* _Directions for this task_
Look through the data below for the string "Nothing", and copy every line where it turns up.

(Stored items)
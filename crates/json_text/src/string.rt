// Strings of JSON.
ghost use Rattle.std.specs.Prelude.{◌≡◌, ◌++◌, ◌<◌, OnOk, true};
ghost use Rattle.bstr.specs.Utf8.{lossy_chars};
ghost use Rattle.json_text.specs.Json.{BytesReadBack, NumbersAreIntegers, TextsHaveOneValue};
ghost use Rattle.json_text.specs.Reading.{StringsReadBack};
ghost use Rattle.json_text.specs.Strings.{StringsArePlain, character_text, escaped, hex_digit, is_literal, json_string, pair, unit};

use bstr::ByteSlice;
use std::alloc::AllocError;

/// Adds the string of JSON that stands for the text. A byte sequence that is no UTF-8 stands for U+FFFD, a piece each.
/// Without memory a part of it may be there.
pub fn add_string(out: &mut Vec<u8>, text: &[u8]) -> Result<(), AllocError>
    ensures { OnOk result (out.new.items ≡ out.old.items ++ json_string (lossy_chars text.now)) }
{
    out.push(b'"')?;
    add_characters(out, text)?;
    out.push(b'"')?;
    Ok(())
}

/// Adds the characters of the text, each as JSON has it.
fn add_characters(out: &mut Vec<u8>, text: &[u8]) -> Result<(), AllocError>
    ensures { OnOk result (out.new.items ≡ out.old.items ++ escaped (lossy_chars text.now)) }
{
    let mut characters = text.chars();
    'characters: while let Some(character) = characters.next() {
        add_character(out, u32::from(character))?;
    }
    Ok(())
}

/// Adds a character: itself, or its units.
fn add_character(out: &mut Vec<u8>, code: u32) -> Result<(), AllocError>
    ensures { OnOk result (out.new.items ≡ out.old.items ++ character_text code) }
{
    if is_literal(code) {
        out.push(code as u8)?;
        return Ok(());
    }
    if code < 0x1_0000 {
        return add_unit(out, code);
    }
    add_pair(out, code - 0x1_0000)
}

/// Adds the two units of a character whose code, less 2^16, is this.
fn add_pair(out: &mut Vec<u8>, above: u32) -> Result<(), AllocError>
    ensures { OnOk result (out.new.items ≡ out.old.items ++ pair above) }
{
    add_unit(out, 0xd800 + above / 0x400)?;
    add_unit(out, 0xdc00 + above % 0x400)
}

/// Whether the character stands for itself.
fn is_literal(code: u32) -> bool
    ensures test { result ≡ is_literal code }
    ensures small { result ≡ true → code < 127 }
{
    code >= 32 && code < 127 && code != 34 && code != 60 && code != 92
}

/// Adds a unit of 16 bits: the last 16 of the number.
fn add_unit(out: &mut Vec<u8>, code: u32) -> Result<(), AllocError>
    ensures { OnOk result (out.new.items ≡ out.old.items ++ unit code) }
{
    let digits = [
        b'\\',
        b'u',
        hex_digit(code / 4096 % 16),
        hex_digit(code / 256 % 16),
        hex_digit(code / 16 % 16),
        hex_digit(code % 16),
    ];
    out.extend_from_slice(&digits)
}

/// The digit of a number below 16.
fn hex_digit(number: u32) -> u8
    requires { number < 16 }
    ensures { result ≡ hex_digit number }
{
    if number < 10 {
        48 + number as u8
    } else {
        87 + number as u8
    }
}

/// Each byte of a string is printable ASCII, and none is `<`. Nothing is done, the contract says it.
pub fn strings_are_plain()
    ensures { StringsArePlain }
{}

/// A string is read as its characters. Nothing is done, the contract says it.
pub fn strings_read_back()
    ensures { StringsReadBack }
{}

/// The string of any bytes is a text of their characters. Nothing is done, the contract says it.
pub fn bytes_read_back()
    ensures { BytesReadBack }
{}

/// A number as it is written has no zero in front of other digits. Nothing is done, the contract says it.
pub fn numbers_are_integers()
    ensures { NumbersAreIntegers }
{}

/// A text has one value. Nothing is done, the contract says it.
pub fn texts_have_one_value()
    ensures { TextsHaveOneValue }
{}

* _Output for this task_
/// Each byte of a string is printable ASCII, and none is `<`. Nothing is done, the contract says it.
/// A string is read as its characters. Nothing is done, the contract says it.
/// The string of any bytes is a text of their characters. Nothing is done, the contract says it.
/// A number as it is written has no zero in front of other digits. Nothing is done, the contract says it.
/// A text has one value. Nothing is done, the contract says it.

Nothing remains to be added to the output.